Image: Artit Oubkaew/123RF

The year 2020 has seen a major rise in reports on human trafficking that has exposed the massive issue of a paucity of reliable statistics on the phenomenon.

The reports on human trafficking have largely been broadcast over social media, with a number of sites being highlighted as hotspots.

Several buildings in the city centres of Johannesburg and Pretoria have been listed among the hotspots.

These buildings are described as being zones where human traffickers lure their victims with the promise of work.

Despite the claims on social media and this information being shared, including with relevant authorities, there does not appear to have been any action taken to verify these claims and deal with the criminal activities reported on social media.

The lack of data and failure by authorities to provide easily available and understandable statistics on this type of crime can only lead to more panic and paranoia, which will be worsened in the social media environment.

The panic on social media is unlikely to remain there, and South Africans will be spurred on to take action into their own hands when they do not feel that anything is being done by the state.

Information from the US Department of State indicates that SA is a source, transit and destination country for men, women, and children.

There is a substantial amount of trafficking within the borders of the country and the majority of victims are South African. Many people are being taken from poor rural areas and moved to the major urban areas of the country such as Cape Town, Durban, and Johannesburg. When they arrive in urban centres the trafficked persons are subjected to sex slavery, domestic servitude, and other forms of forced labour.

Despite the challenge of getting robust data and information, consensus indicates that Gauteng is the most active province in terms of human trafficking. In the period of 2019/20, 11 out of 16 confirmed national cases of human trafficking were traced to Gauteng. This means that there is a need for more concerted action from authorities at national, provincial and local government level in dealing with the scourge of human trafficking in Gauteng.

SA is classified as a Tier 2 country on the US State Department’s Trafficking in Persons Report. This classification means that the government of SA “does not fully meet the minimum standards for the elimination of trafficking but is making significant efforts to do so”.
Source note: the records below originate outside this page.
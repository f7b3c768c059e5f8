// The work in pools. A pool's serial is its number, the root's 0.
use super::{Before, Deed, Work};
use crate::times::nanos_since;
use crate::trouble::Trouble;
use std::alloc::Global;
use std::time::{Clock, Instant};
use svn_pool::{PoolFault, PoolId, PoolTree};

type Tree = PoolTree<Global>;

fn push_all(tree: &mut Tree, text: &[u8], number: u64) -> Result<(), PoolFault> {
    for _ in 0..number {
        tree.push(PoolId(0), text)?;
    }
    Ok(())
}

// A pool with a string.
fn add(tree: &mut Tree, parent: u64, text: &[u8]) -> Result<PoolId, PoolFault> {
    let pool = tree.create(PoolId(parent))?;
    tree.push(pool, text)?;
    Ok(pool)
}

// Pools with that many children each.
fn grow(tree: &mut Tree, children: u64, text: &[u8], number: u64) -> Result<(), PoolFault> {
    for made in 0..number {
        add(tree, made / children.max(1), text)?;
    }
    Ok(())
}

fn one_by_one(tree: &mut Tree, text: &[u8], number: u64) -> Result<(), PoolFault> {
    for _ in 0..number {
        let pool = add(tree, 0, text)?;
        tree.destroy(pool)?;
    }
    Ok(())
}

fn oldest_first(tree: &mut Tree, number: u64) -> Result<(), PoolFault> {
    for before in 0..number {
        tree.destroy(PoolId(before.wrapping_add(1)))?;
    }
    Ok(())
}

fn youngest_first(tree: &mut Tree, number: u64) -> Result<(), PoolFault> {
    for before in (0..number).rev() {
        tree.destroy(PoolId(before.wrapping_add(1)))?;
    }
    Ok(())
}

fn prepare(tree: &mut Tree, work: Work<'_>) -> Result<(), PoolFault> {
    match work.before {
        Before::Nothing => Ok(()),
        Before::Strings => push_all(tree, work.text, work.number),
        Before::Pools(children) => grow(tree, children, work.text, work.number),
    }
}

fn perform(tree: &mut Tree, work: Work<'_>) -> Result<(), PoolFault> {
    match work.deed {
        Deed::Push => push_all(tree, work.text, work.number),
        Deed::OneByOne => one_by_one(tree, work.text, work.number),
        Deed::OldestFirst => oldest_first(tree, work.number),
        Deed::YoungestFirst => youngest_first(tree, work.number),
        Deed::Clear => tree.clear(PoolId(0)),
    }
}

// The root alone is left.
fn nanos_to_root<C: Clock>(clock: &C, tree: &mut Tree, work: Work<'_>) -> Result<u64, Trouble> {
    let start = Instant::now(clock)?;
    perform(tree, work)?;
    let took = nanos_since(clock, start)?;
    if tree.live() == 1 {
        Ok(took)
    } else {
        Err(Trouble::Other("pools are left"))
    }
}

/// How long it takes.
pub(crate) fn nanos<C: Clock>(clock: &C, alloc: Global, work: Work<'_>) -> Result<u64, Trouble> {
    let mut tree = PoolTree::new(alloc)?;
    prepare(&mut tree, work)?;
    nanos_to_root(clock, &mut tree, work)
}
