// Stand-offs: where the number of cells has a common factor with a number of agents, agents that move together stay
// together.

#![tactic(auto)]

ghost use Rattle.std.specs.Prelude.{◌≡◌, [], ◌∷◌};
ghost use Rattle.model.specs.Meanings.{meaning_of, read_and_write, by_majority, by_ladder};
ghost use Rattle.lockstep.specs.Standoffs.{StandsOff, SameSection, NobodyHolds};

use exclusion::ExclusiveRule;
use rule_ladder::Ladder;
use rule_majority::Majority;
use rule_read_write::ReadWrite;
use rules::Rule;

// Under every lawful rule the agents that move together on a stand-off are always in the same section.
// It answers `true` and not `()`, so that whoever tests the answer goes on as before; the theorem is the contract.
pub fn same_section<R: Rule>() -> bool
    ensures stands_off { StandsOff (meaning_of R.Rule) }
    ensures same_section { SameSection (meaning_of R.Rule) }
{
    true
}

// Under a rule that excludes two holders, nobody ever holds on a stand-off.
// It answers `true` and not `()`, so that whoever tests the answer goes on as before; the theorem is the contract.
pub fn nobody_holds<R: ExclusiveRule>() -> bool
    ensures nobody_holds { NobodyHolds (meaning_of R.Rule) }
{
    true
}

// The numbers of the three published rules, under each of which nobody ever holds on a stand-off. Not one function with
// `exclusive_rules`: its clauses name another theorem.
pub fn fruitless_rules() -> [u8; 3]
    ensures value { result ≡ read_and_write.number ∷ by_majority.number ∷ by_ladder.number ∷ [] }
    ensures read_write { NobodyHolds read_and_write }
    ensures majority { NobodyHolds by_majority }
    ensures ladder { NobodyHolds by_ladder }
{
    let _ = nobody_holds::<ReadWrite>();
    let _ = nobody_holds::<Majority>();
    let _ = nobody_holds::<Ladder>();
    [ReadWrite::NUMBER, Majority::NUMBER, Ladder::NUMBER]
}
The fight against human trafficking will be lost by failures in identifying people who are trafficked and in protecting victims. Victims are often afraid to assist law enforcement in identifying and getting traffickers prosecuted for fear of revictimisation.

There have been negligible efforts by the SA government to address reports of corruption and official complicity in trafficking. The state has been accused of creating a “a culture of impunity for offenders”. Corruption and official complicity occur at all levels of human trafficking in SA.

For the state to see any success in fighting human trafficking and to instil confidence in South Africans it needs to make major improvements in its data collection efforts, increase the rate of prosecution and do more to protect victims to ensure they come forward in assisting law enforcement.

Shackleton is a DA member of provincial legislature in Gauteng and the shadow MEC for community safety.